*What needs to be done*. Where the string "each" occurs in a line of the data below, that line should be copied.

*Data listing*.
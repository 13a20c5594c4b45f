//! Laws of planes that aren't settled into parts that are back within a number of generations, over the
//! definitions alone. They hold of every rule under which nothing is born where nothing is live.

ghost use Rattle.std.specs.Prelude.{◌≡◌, ℕ, ◌+◌, ◌≤◌, ℤ, List, [], ◌∷◌, replicate};
ghost use Rattle.std.specs.List.{AllPairs, Contains};
ghost use Rattle.ca_plane.specs.Prelude.{Picture, cell, cells_after};
ghost use Rattle.ca_parts.specs.Prelude.{AreApartBefore, together, IsSettled, IsFinerThanAll};
ghost use Rattle.ca_parts.specs.Prelude.{IsSettledWithin, Outgrows};

/// A part of a division that is back has no more live cells then than the plane had. So the parts of no division
/// are all back within a number of generations where something that lies in one part of each division has more of
/// them, alone, in each of as many generations in a row. That may be the whole plane, or one of parts of it that
/// are apart until the last of these generations.
pub fn outgrown_planes_are_not_settled()
    ensures alone { (next : List ℕ → ℕ) → next (replicate 9 0) ≡ 0 → (p : Picture) (start most : ℕ)
        → IsFinerThanAll next (cell p) (p ∷ []) → Outgrows next start most p (cell p)
        → IsSettledWithin next most (cell p) → ⊥ }
    ensures part { (next : List ℕ → ℕ) → next (replicate 9 0) ≡ 0 → (cells : ℤ → ℤ → ℕ)
        (parts : List Picture) (start most : ℕ) → ((x y : ℤ) → cells x y ≡ together parts x y)
        → IsFinerThanAll next cells parts → AllPairs (AreApartBefore next (start + most)) parts
        → (p : Picture) → Contains parts p → Outgrows next start most p cells
        → IsSettledWithin next most cells → ⊥ }
{}

/// A plane that is settled within a number of generations stays so. So where a plane isn't, none before it is.
/// And a settled plane is settled within some number of generations.
pub fn settled_within_stays_so()
    ensures stays { (next : List ℕ → ℕ) → next (replicate 9 0) ≡ 0 → (cells : ℤ → ℤ → ℕ) (most n : ℕ)
        → IsSettledWithin next most cells → IsSettledWithin next most (cells_after next cells n) }
    ensures before { (next : List ℕ → ℕ) → next (replicate 9 0) ≡ 0 → (cells : ℤ → ℤ → ℕ) (most m n : ℕ)
        → (IsSettledWithin next most (cells_after next cells n) → ⊥) → m ≤ n
        → IsSettledWithin next most (cells_after next cells m) → ⊥ }
    ensures some { (next : List ℕ → ℕ) (cells : ℤ → ℤ → ℕ) → IsSettled next cells
        → (most : ℕ) × IsSettledWithin next most cells }
{}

*Solved problem*.
/// are all back within a number of generations where something that lies in one part of each division has more of
/// them, alone, in each of as many generations in a row. That may be the whole plane, or one of parts of it that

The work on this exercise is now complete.